To overcome this issue, we can use global search methods. These methods involve running multiple local search algorithms in parallel, each starting from a different initial point. The idea is that by exploring the search space from different starting points, we can increase the chances of finding a better overall solution.

In Naruto Shippuden, at some point in the story, Naruto needs to learn a new jutsu called the Rasenshuriken but he is pressed by time and needs to learn it as quickly as possible. So, he uses a technique called Kage Bunshin no Jutsu to create multiple copies of himself and learn the jutsu in parallel. The idea works because the clones have a shared memory after they are dispelled, so the experience of each clone is shared with the others. Naruto is essentially using a form of global search to learn the jutsu. Different clones explore different ways of using chakra to create the Rasenshuriken, and the knowledge acquired by each clone is shared with the others. This allows Naruto to learn the jutsu much faster than he would have been able to do alone.

In the context of complex tasks with general agents, global search methods translate to collaboration and communication. Each agent can be seen as a local search algorithm that explores a specific part of the search space. By sharing information about their experiences, agents can help each other escape local optima and find better solutions.

In speedrunning, the fact that every player have to share a video of their run, forces the competitors to share information about their strategies, which constitutes a effective form of global search.

Search Superspace and General Search Models

Humans are very general problem solvers. How can we achieve this? The answer lies partly in our capacity to abstract patterns from specific instances and apply them universally based again on Solomonoff’s theory of inductive inference. Patterns that emerge from specific problem domains are projected by our minds as likely characteristics of related problems, even those we have yet to observe.

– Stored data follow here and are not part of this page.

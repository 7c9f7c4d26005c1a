ghost use Rattle.std.specs.Prelude.{◌≡◌, ◌<◌, ◌≤◌, ◌+◌, length, IfOk};
ghost use Rattle.pc_program_bound.specs.Allocation.{IsProgram, IsBox, cells_of};
ghost use Rattle.pc_program_bound.specs.Bound.{IsFit, HasFitWidth};
ghost use Rattle.pc_program_bound.specs.SplitTrees.{less_caps, more_floors};
ghost use Rattle.pc_program_bound.specs.Sums.{nat_at};
ghost use Rattle.std.specs.Prelude.{All};
ghost use Rattle.pc_simplex.specs.Vertices.{IsFitMult};
ghost use Rattle.pc_frontier.specs.Frontier.{IsInHand};
ghost use Rattle.pc_frontier.specs.Boxes.{AreOrdered, AreFitting, box_at};
ghost use Rattle.pc_branch.specs.Licence.{no_multipliers};
ghost use Rattle.pc_branch.specs.Grown.{visited_at, IsPartedAt, IsParted, IsVisited};
ghost use Rattle.pc_branch.specs.Searching.{start_of};
ghost use Rattle.pc_branch.specs.Steps.{budget_of, IsGoing, IsDivided};
ghost use Rattle.pc_branch.specs.Visits.{HasCounts, ArePartsVisited, with_parts};

use crate::search::{Hand, Search};
use crate::visit::{Visit, visit_box};
use crate::visited::{Known, Visited};
use pc_frontier::Frontier;
use pc_list::Seq;
use pc_model::Mult;
use pc_num::Memory;
use pc_program_bound::Program;
use std::alloc::Global;

/// The least and the greatest count of each cell.
#[derive(Debug, Drop)]
struct CountBox {
    floor: Seq<u64>,
    cap: Seq<u64>,
}

impl Search {
    /// Splits the node in hand where its count is not whole, and visits both parts. It answers the number of the child
    /// with the lesser counts; the other has the next one.
    pub(crate) fn divide(&mut self, alloc: Global, p: &Program, hand: Hand) -> Result<u32, Memory>
        requires program { IsProgram p.now }
        requires width { HasFitWidth p.now (no_multipliers p.now) }
        requires going { IsGoing p.now self.old hand }
        requires room { 2 ≤ self.old.frontier.room }
        requires few { budget_of self.old ≤ 100_000 }
        ensures divided { IfOk result (λ first. IsDivided p.now self.new first hand.bound) }
        ensures budget { IfOk result (λ _. budget_of self.new ≡ budget_of self.old) }
        ensures room { IfOk result (λ _. self.new.frontier.room + 2 ≡ self.old.frontier.room) }
        ensures few { IfOk result (λ first. (first + 1 < length self.new.visited) × (length self.new.visited ≤ 100_000)) }
    {
        let (cell, at) = parting(self.visited.as_slice(), hand.node);
        let (less, more) = self.visit_parts(alloc, p, hand, cell, at)?;
        self.take_parts(hand.node, cell, at, less, more)
    }

    /// Visits both parts of the box of the node in hand.
    fn visit_parts(
        &self,
        alloc: Global,
        p: &Program,
        hand: Hand,
        cell: u32,
        at: u64,
    ) -> Result<(Visit, Visit), Memory>
        requires program { IsProgram p.now }
        requires width { HasFitWidth p.now (no_multipliers p.now) }
        requires going { IsGoing p.now self.now hand }
        requires parted { IsPartedAt cell at (visited_at self.now.visited hand.node).known }
        ensures { IfOk result (λ parts. ArePartsVisited p.now self.now hand.node cell at parts.0 parts.1) }
    {
        let place = box_of(alloc, p, &self.frontier, hand.node)?;
        let above = &self.visited.as_slice()[hand.node as usize];
        let less = visit_less(alloc, p, &place, cell, at, above)?;
        let more = visit_more(alloc, p, &place, cell, at, above)?;
        Ok((less, more))
    }

    /// Splits a node in hand, whose parts were visited so.
    fn take_parts(
        &mut self,
        node: u32,
        cell: u32,
        at: u64,
        less: Visit,
        more: Visit,
    ) -> Result<u32, Memory>
        requires hand { IsInHand self.old.frontier node }
        requires room { 2 ≤ self.old.frontier.room }
        requires small { at < 1_000_000_000 }
        ensures first { IfOk result (λ first. first ≡ length self.old.frontier.nodes) }
        ensures made { IfOk result (λ _. self.new ≡ with_parts node cell at less more self.old) }
    {
        let Visit {
            node: less,
            counts: less_counts,
        } = less;
        let Visit {
            node: more,
            counts: more_counts,
        } = more;
        self.consider(less_counts, less.bound);
        self.consider(more_counts, more.bound);
        let (first, _second) = self.frontier.split(node, cell, at);
        self.visited.push(less)?;
        self.visited.push(more)?;
        Ok(first)
    }
}

/// Where a node is to be split.
fn parting(visited: &[Visited], node: u32) -> (u32, u64)
    requires there { node < length visited.now }
    requires parted { IsParted (visited_at visited.now node).known }
    ensures { IsPartedAt result.0 result.1 (visited_at visited.now node).known }
{
    match visited[node as usize].known {
        Known::Parted { cell, at } => (cell, at),
        _ => unreachable!(),
    }
}

/// The box of a node.
fn box_of(alloc: Global, p: &Program, frontier: &Frontier, node: u32) -> Result<CountBox, Memory>
    requires there { node < length frontier.now.nodes }
    requires ordered { AreOrdered frontier.now.nodes }
    requires fits { AreFitting frontier.now.nodes (start_of p.now) }
    ensures floor { IfOk result (λ place. place.floor ≡ (box_at frontier.now.nodes (start_of p.now) node).floors) }
    ensures cap { IfOk result (λ place. place.cap ≡ (box_at frontier.now.nodes (start_of p.now) node).caps) }
{
    let mut floor = p.floor.as_slice().to_vec(alloc)?;
    let mut cap = p.cap.as_slice().to_vec(alloc)?;
    frontier.box_of(node, floor.as_mut_slice(), cap.as_mut_slice());
    Ok(CountBox {
        floor: Seq::from_vec(floor),
        cap: Seq::from_vec(cap),
    })
}

/// Visits the part of a box with the counts of a cell up to a number.
fn visit_less(
    alloc: Global,
    p: &Program,
    place: &CountBox,
    cell: u32,
    at: u64,
    above: &Visited,
) -> Result<Visit, Memory>
    requires program { IsProgram p.now }
    requires gains { All IsFit p.now.gain }
    requires inside { IsBox p.now place.now.floor place.now.cap }
    requires cell { cell < cells_of p.now }
    requires low { nat_at place.now.floor cell ≤ at }
    requires high { at < nat_at place.now.cap cell }
    requires fits { IsFitMult above.now.mult }
    ensures visited { IfOk result (λ v. IsVisited p.now above.now.mult above.now.bound place.now.floor (less_caps place.now.cap cell at) v.node) }
    ensures counts { IfOk result (λ v. HasCounts p.now place.now.floor (less_caps place.now.cap cell at) v) }
{
    let mut cap = place.cap.as_slice().to_vec(alloc)?;
    cap[cell as usize] = at;
    visit_box(
        alloc,
        p,
        place.floor.as_slice(),
        cap.as_slice(),
        &above.mult,
        above.bound,
    )
}

/// Visits the part of a box with the greater counts of a cell.
fn visit_more(
    alloc: Global,
    p: &Program,
    place: &CountBox,
    cell: u32,
    at: u64,
    above: &Visited,
) -> Result<Visit, Memory>
    requires program { IsProgram p.now }
    requires gains { All IsFit p.now.gain }
    requires inside { IsBox p.now place.now.floor place.now.cap }
    requires cell { cell < cells_of p.now }
    requires low { nat_at place.now.floor cell ≤ at }
    requires high { at < nat_at place.now.cap cell }
    requires fits { IsFitMult above.now.mult }
    ensures visited { IfOk result (λ v. IsVisited p.now above.now.mult above.now.bound (more_floors place.now.floor cell at) place.now.cap v.node) }
    ensures counts { IfOk result (λ v. HasCounts p.now (more_floors place.now.floor cell at) place.now.cap v) }
{
    let mut floor = place.floor.as_slice().to_vec(alloc)?;
    floor[cell as usize] = at + 1;
    visit_box(
        alloc,
        p,
        floor.as_slice(),
        place.cap.as_slice(),
        &above.mult,
        above.bound,
    )
}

It’s this inductive reasoning that allows humans not only to cope with a particular local search space but to make educated guesses and predictions across varied domains of problems.

In the context of search spaces, this means that humans and, by extension, human-designed algorithms and agents, can employ the knowledge gained from one search environment to inform strategies in another. While a local search environment may be highly specialized, the inductive generalizations drawn from it are not necessarily confined to that space alone. They can be leveraged across different search spaces, shaping a form of ‘search superspace’—a higher-dimensional space encompassing the commonalities among the various problems.

This leads to the concept of a General Search Model: a model that is not bound by the specificities of a problem’s search space and instead operates on the premise of generalized patterns and principles learned from multiple search domains. It recognizes the structured nature of complex search spaces and the mutual information that exists between high-performing solutions.

In essence, just as humans have developed the skill to recognize the stove as uniformly hot and thus generalize this to all direct contact with it, a General Search Model can recognize the commonalities between different search spaces and apply the same principles to all of them. These generalizations are likely to work due to the Solomonoff’s theory of inductive inference.